Coupang CEO Resigns After Breach Exposes 33M Users, Including Door Codes

SEOUL - The co-chief executive of South Korea’s dominant e-commerce platform resigned Wednesday amid widening fallout from a data theft that compromised the personal information of nearly two-thirds of the country's population.

Coupang (NYSE: CPNG) confirmed earlier this month that an internal actor accessed and extracted records belonging to 33.7 million customers. The breach, which went undetected for five months, has triggered a multi-agency investigation, a sharp drop in user engagement, and the immediate restructuring of the company’s leadership.

The Insider Threat

The breach was not the result of an external hack, but rather an abuse of internal access privileges. Coupang reported to regulators that the unauthorized extraction was carried out by a former developer-identified by police as a Chinese national-who had worked at the company’s Seoul headquarters for two years.

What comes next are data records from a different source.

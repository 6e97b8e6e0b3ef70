//! Manifests: what a layer of a backup holds, and their bytes in both versions.
#![tactic(auto)]

mod copying;
mod counts;
mod faults;
mod items;
mod laws;
mod manifest;
mod reading;
mod tables;
mod writing;

pub use counts::{chunk_count, entry_count};
pub use faults::ManifestFault;
pub use laws::manifest_faults_are_first;
pub use manifest::{ChunkInfo, Manifest, TablePart};
pub use reading::{manifests_are_exact, read_manifest_bytes};
pub use writing::write_manifest;
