//! The tables of a manifest, read item by item.
ghost use Rattle.std.specs.Prelude.{◌≡◌, ◌+◌, ◌≤◌, ◌∷◌, ◌++◌, [], length, IfOk, OnOk};
ghost use Rattle.std.specs.Option.{option_copied};
ghost use Rattle.table_descriptors.specs.Fields.{Reads, read_items, read_exactly};
ghost use Rattle.layer_manifest.specs.Manifests.{same_kind, same_kinds, same_key, has_key_of, is_dated_after, is_next_descriptor, kinds_of, are_bounds, comes_after, part_id, chunk_count};
ghost use Rattle.layer_manifest.specs.ManifestFiles.{inside, read_next_descriptor, read_descriptors, read_bounds, read_chunk_fields, read_chunk, read_chunks, read_table, read_tables};
ghost use Rattle.table_descriptors.specs.DescriptorFiles.{read_descriptor};
ghost use Rattle.table_descriptors.specs.declared.limits.TheConstants.{CHUNKS_MAX};

use crate::manifest::{ChunkInfo, TablePart};
use mvcc_keys::{Blob, Items, Memory};
use row_codec::{CHUNK_ENTRIES_MAX, Kind, RowFault, check_row_key};
use std::alloc::Global;
use table_descriptors::{
    CHUNKS_MAX, Descriptor, FieldFault, broken, read_descriptor, take_exactly, take_flag, take_id,
    take_number, take_sized,
};

fn keep<T: Drop>(items: &mut Vec<T>, item: T) -> Result<(), Memory>
    ensures { OnOk result (items.new.items ≡ items.old.items ++ item ∷ []) }
{
    items.push(item).map_err(|_| Memory)
}

// ---- descriptors

fn same_kind(a: Kind, b: Kind) -> bool
    ensures { result ≡ same_kind a b }
{
    a == b
}

fn same_kinds(a: &[Kind], b: &[Kind]) -> bool
    ensures { result ≡ same_kinds a.now b.now }
{
    let mut others = b;
    for kind in a {
        let Some((other, rest)) = others.split_first() else {
            return false;
        };
        if !same_kind(*kind, *other) {
            return false;
        }
        others = rest;
    }
    others.is_empty()
}

/// Whether two descriptors have the same key columns, of the same kinds and directions.
fn same_key(alloc: Global, first: &Descriptor, second: &Descriptor) -> Result<bool, Memory>
    ensures { IfOk result (λ same. same ≡ same_key first.now second.now) }
{
    let ids = first.key_columns() == second.key_columns();
    let kinds = first.key_kinds(alloc)?;
    let others = second.key_kinds(alloc)?;
    Ok(ids && same_kinds(kinds.as_slice(), others.as_slice()))
}

fn is_dated_after(last: Option<&Descriptor>, descriptor: &Descriptor) -> bool
    ensures { result ≡ is_dated_after (option_copied last.entry) descriptor.now }
{
    match last {
        Some(last) => last.modified() < descriptor.modified(),
        None => true,
    }
}

/// Whether a descriptor may come after others in a table.
fn is_next(
    alloc: Global,
    id: u32,
    before: &[Descriptor],
    descriptor: &Descriptor,
) -> Result<bool, Memory>
    ensures { IfOk result (λ is. is ≡ is_next_descriptor id before.now descriptor.now) }
{
    if descriptor.id() != id || !is_dated_after(before.last(), descriptor) {
        return Ok(false);
    }
    match before.first() {
        Some(first) => same_key(alloc, first, descriptor),
        None => Ok(true),
    }
}

fn take_inside(alloc: Global, b: &[u8]) -> Result<(Descriptor, &[u8]), FieldFault>
    ensures { Reads (λ p. (p.0, p.1.now)) result (inside read_descriptor b.now) }
{
    let (bytes, rest) = take_sized(b)?;
    match read_descriptor(alloc, bytes) {
        Ok(d) => Ok((d, rest)),
        Err(RowFault::At { .. }) => Err(broken(b)),
        Err(RowFault::Memory) => Err(FieldFault::Memory),
    }
}

/// A descriptor of a table after others.
#[tactic(auto, unfolding(crate::specs::ManifestFiles::read_next_descriptor))]
fn take_descriptor<'a>(
    alloc: Global,
    id: u32,
    before: &[Descriptor],
    b: &'a [u8],
) -> Result<(Descriptor, &'a [u8]), FieldFault>
    ensures { Reads (λ p. (p.0, p.1.now)) result (read_next_descriptor id before.now b.now) }
{
    let (d, rest) = take_inside(alloc, b)?;
    if !is_next(alloc, id, before, &d)? {
        return Err(broken(b));
    }
    Ok((d, rest))
}

fn take_each_descriptor(
    alloc: Global,
    id: u32,
    count: u64,
    b: &[u8],
) -> Result<(Vec<Descriptor>, &[u8]), FieldFault>
    ensures { Reads (λ p. (p.0.items, p.1.now)) result (read_items (read_next_descriptor id) count [] b.now) }
{
    let mut descriptors = Vec::new(alloc);
    let mut left = b;
    let mut wanted = count;
    'descriptors: while wanted > 0 {
        let (d, rest) = take_descriptor(alloc, id, descriptors.as_slice(), left)?;
        keep(&mut descriptors, d)?;
        left = rest;
        wanted -= 1;
    }
    Ok((descriptors, left))
}

fn take_descriptors(
    alloc: Global,
    id: u32,
    b: &[u8],
) -> Result<(Vec<Descriptor>, &[u8]), FieldFault>
    ensures { Reads (λ p. (p.0.items, p.1.now)) result (read_descriptors id b.now) }
{
    let (count, rest) = take_number(b)?;
    if count < 1 {
        return Err(broken(b));
    }
    take_each_descriptor(alloc, id, count, rest)
}

/// The kinds of a table's keys.
fn kinds_of(alloc: Global, descriptors: &[Descriptor]) -> Result<Vec<Kind>, Memory>
    ensures { IfOk result (λ v. v.items ≡ kinds_of descriptors.now) }
{
    match descriptors.first() {
        Some(first) => first.key_kinds(alloc),
        None => Ok(Vec::new(alloc)),
    }
}

// ---- chunks

fn are_bounds(table: u32, kinds: &[Kind], least: &[u8], greatest: &[u8]) -> bool
    ensures { result ≡ are_bounds table kinds.now (least.now, greatest.now) }
{
    check_row_key(least, table, kinds)
        && check_row_key(greatest, table, kinds)
        && least.cmp(greatest).is_le()
}

/// The least and the greatest key, which stand exactly in version 2.
fn take_bounds<'a>(
    alloc: Global,
    version: u8,
    table: u32,
    kinds: &[Kind],
    b: &'a [u8],
) -> Result<(Option<(Blob, Blob)>, &'a [u8]), FieldFault>
    ensures { Reads (λ p. (p.0, p.1.now)) result (read_bounds version table kinds.now b.now) }
{
    if version == 1 {
        return Ok((None, b));
    }
    let (least, rest) = take_sized(b)?;
    let (greatest, rest) = take_sized(rest)?;
    if !are_bounds(table, kinds, least, greatest) {
        return Err(broken(b));
    }
    let least = Blob::copy_of(alloc, least)?;
    let greatest = Blob::copy_of(alloc, greatest)?;
    Ok((Some((least, greatest)), rest))
}

fn take_digest(b: &[u8]) -> Result<([u8; 32], &[u8]), FieldFault>
    ensures { Reads (λ p. (p.0, p.1.now)) result (read_exactly 32 b.now) }
{
    match b.split_first_chunk::<32>() {
        Some((digest, rest)) => Ok((*digest, rest)),
        None => Err(broken(b)),
    }
}

fn take_chunk_fields<'a>(
    alloc: Global,
    version: u8,
    table: u32,
    kinds: &[Kind],
    b: &'a [u8],
) -> Result<(ChunkInfo, &'a [u8]), FieldFault>
    ensures { Reads (λ p. (p.0, p.1.now)) result (read_chunk_fields version table kinds.now b.now) }
{
    let (entries, rest) = take_number(b)?;
    if entries < 1 || entries > CHUNK_ENTRIES_MAX {
        return Err(broken(b));
    }
    let (length, rest) = take_number(rest)?;
    let (digest, rest) = take_digest(rest)?;
    let (bounds, rest) = take_bounds(alloc, version, table, kinds, rest)?;
    let chunk = ChunkInfo {
        entries: entries as u32,
        length,
        digest,
        bounds,
    };
    Ok((chunk, rest))
}

/// A chunk, as one item.
#[tactic(auto, unfolding(crate::specs::ManifestFiles::read_chunk))]
fn take_chunk<'a>(
    alloc: Global,
    version: u8,
    table: u32,
    kinds: &[Kind],
    b: &'a [u8],
) -> Result<(ChunkInfo, &'a [u8]), FieldFault>
    ensures { Reads (λ p. (p.0, p.1.now)) result (read_chunk version table kinds.now b.now) }
{
    match take_chunk_fields(alloc, version, table, kinds, b) {
        Ok(read) => Ok(read),
        Err(FieldFault::Broken { .. }) => Err(broken(b)),
        Err(FieldFault::Memory) => Err(FieldFault::Memory),
    }
}

fn take_each_chunk<'a>(
    alloc: Global,
    version: u8,
    table: u32,
    kinds: &[Kind],
    count: u64,
    b: &'a [u8],
) -> Result<(Vec<ChunkInfo>, &'a [u8]), FieldFault>
    ensures read { Reads (λ p. (p.0.items, p.1.now)) result (read_items (λ before. read_chunk version table kinds.now) count [] b.now) }
    ensures all { IfOk result (λ p. length p.0.items ≡ count) }
{
    let mut chunks = Vec::new(alloc);
    let mut left = b;
    let mut wanted = count;
    'chunks: while wanted > 0 {
        let (chunk, rest) = take_chunk(alloc, version, table, kinds, left)?;
        keep(&mut chunks, chunk)?;
        left = rest;
        wanted -= 1;
    }
    Ok((chunks, left))
}

/// The chunks of a table after `so_far` chunks of others.
fn take_chunks<'a>(
    alloc: Global,
    version: u8,
    table: u32,
    kinds: &[Kind],
    so_far: u64,
    b: &'a [u8],
) -> Result<(Vec<ChunkInfo>, &'a [u8]), FieldFault>
    requires { so_far ≤ CHUNKS_MAX }
    ensures read { Reads (λ p. (p.0.items, p.1.now)) result (read_chunks version table kinds.now so_far b.now) }
    ensures few { IfOk result (λ p. so_far + length p.0.items ≤ CHUNKS_MAX) }
{
    let (count, rest) = take_number(b)?;
    if count > u64::from(CHUNKS_MAX) - so_far {
        return Err(broken(b));
    }
    take_each_chunk(alloc, version, table, kinds, count, rest)
}

// ---- tables

fn comes_after(before: &[TablePart], id: u32) -> bool
    ensures { result ≡ comes_after part_id before.now id }
{
    match before.last() {
        Some(last) => last.id < id,
        None => true,
    }
}

/// A table after others, which have `so_far` chunks.
#[tactic(auto, unfolding(crate::specs::ManifestFiles::read_table))]
fn take_table<'a>(
    alloc: Global,
    version: u8,
    before: &[TablePart],
    so_far: u64,
    b: &'a [u8],
) -> Result<(TablePart, &'a [u8]), FieldFault>
    requires counted { so_far ≡ chunk_count before.now }
    requires few { so_far ≤ CHUNKS_MAX }
    ensures read { Reads (λ p. (p.0, p.1.now)) result (read_table version before.now b.now) }
    ensures few { IfOk result (λ p. so_far + length p.0.chunks ≤ CHUNKS_MAX) }
{
    let (id, rest) = take_id(b)?;
    if !comes_after(before, id) {
        return Err(broken(b));
    }
    let (introduced, rest) = take_flag(rest)?;
    let (descriptors, rest) = take_descriptors(alloc, id, rest)?;
    let kinds = kinds_of(alloc, descriptors.as_slice())?;
    let (chunks, rest) = take_chunks(alloc, version, id, kinds.as_slice(), so_far, rest)?;
    let table = TablePart {
        id,
        introduced,
        descriptors: Items::from_vec(descriptors),
        chunks: Items::from_vec(chunks),
    };
    Ok((table, rest))
}

fn take_each_table(
    alloc: Global,
    version: u8,
    count: u64,
    b: &[u8],
) -> Result<(Vec<TablePart>, &[u8]), FieldFault>
    ensures { Reads (λ p. (p.0.items, p.1.now)) result (read_items (read_table version) count [] b.now) }
{
    let mut tables = Vec::new(alloc);
    let mut so_far = 0;
    let mut left = b;
    let mut wanted = count;
    'tables: while wanted > 0 {
        let (table, rest) = take_table(alloc, version, tables.as_slice(), so_far, left)?;
        so_far += table.chunks.as_slice().len() as u64;
        keep(&mut tables, table)?;
        left = rest;
        wanted -= 1;
    }
    Ok((tables, left))
}

/// The tables of a manifest of a version.
pub(crate) fn take_tables(
    alloc: Global,
    version: u8,
    b: &[u8],
) -> Result<(Vec<TablePart>, &[u8]), FieldFault>
    ensures { Reads (λ p. (p.0.items, p.1.now)) result (read_tables version b.now) }
{
    let (count, rest) = take_number(b)?;
    take_each_table(alloc, version, count, rest)
}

According to investigators from the Seoul Metropolitan Police Agency, the suspect allegedly utilized legitimate credentials to scrape customer data from internal servers. The extraction began on June 24, 2025, but remained unnoticed by Coupang’s security operations center until November 18, 2025.

Following the company’s disclosure, police authorities raided Coupang’s Songpa District headquarters over three days starting December 9, seizing server logs and employee hard drives to reconstruct the full scope of the data exfiltration.

Motivation: Extortion, Not Public Sale

New details have emerged regarding the motive behind the theft. Investigators revealed that the breach was discovered only after the suspect contacted Coupang directly, demanding a financial payoff in exchange for keeping the stolen data private.

As of this week, there is no confirmed evidence that the dataset has been listed for public sale on major dark web marketplaces or hacking forums. However, authorities warned users to remain vigilant against phishing and "smishing" (SMS phishing) attacks, as police are still working to determine if the suspect transferred the data to associates or private brokers prior to the extortion attempt.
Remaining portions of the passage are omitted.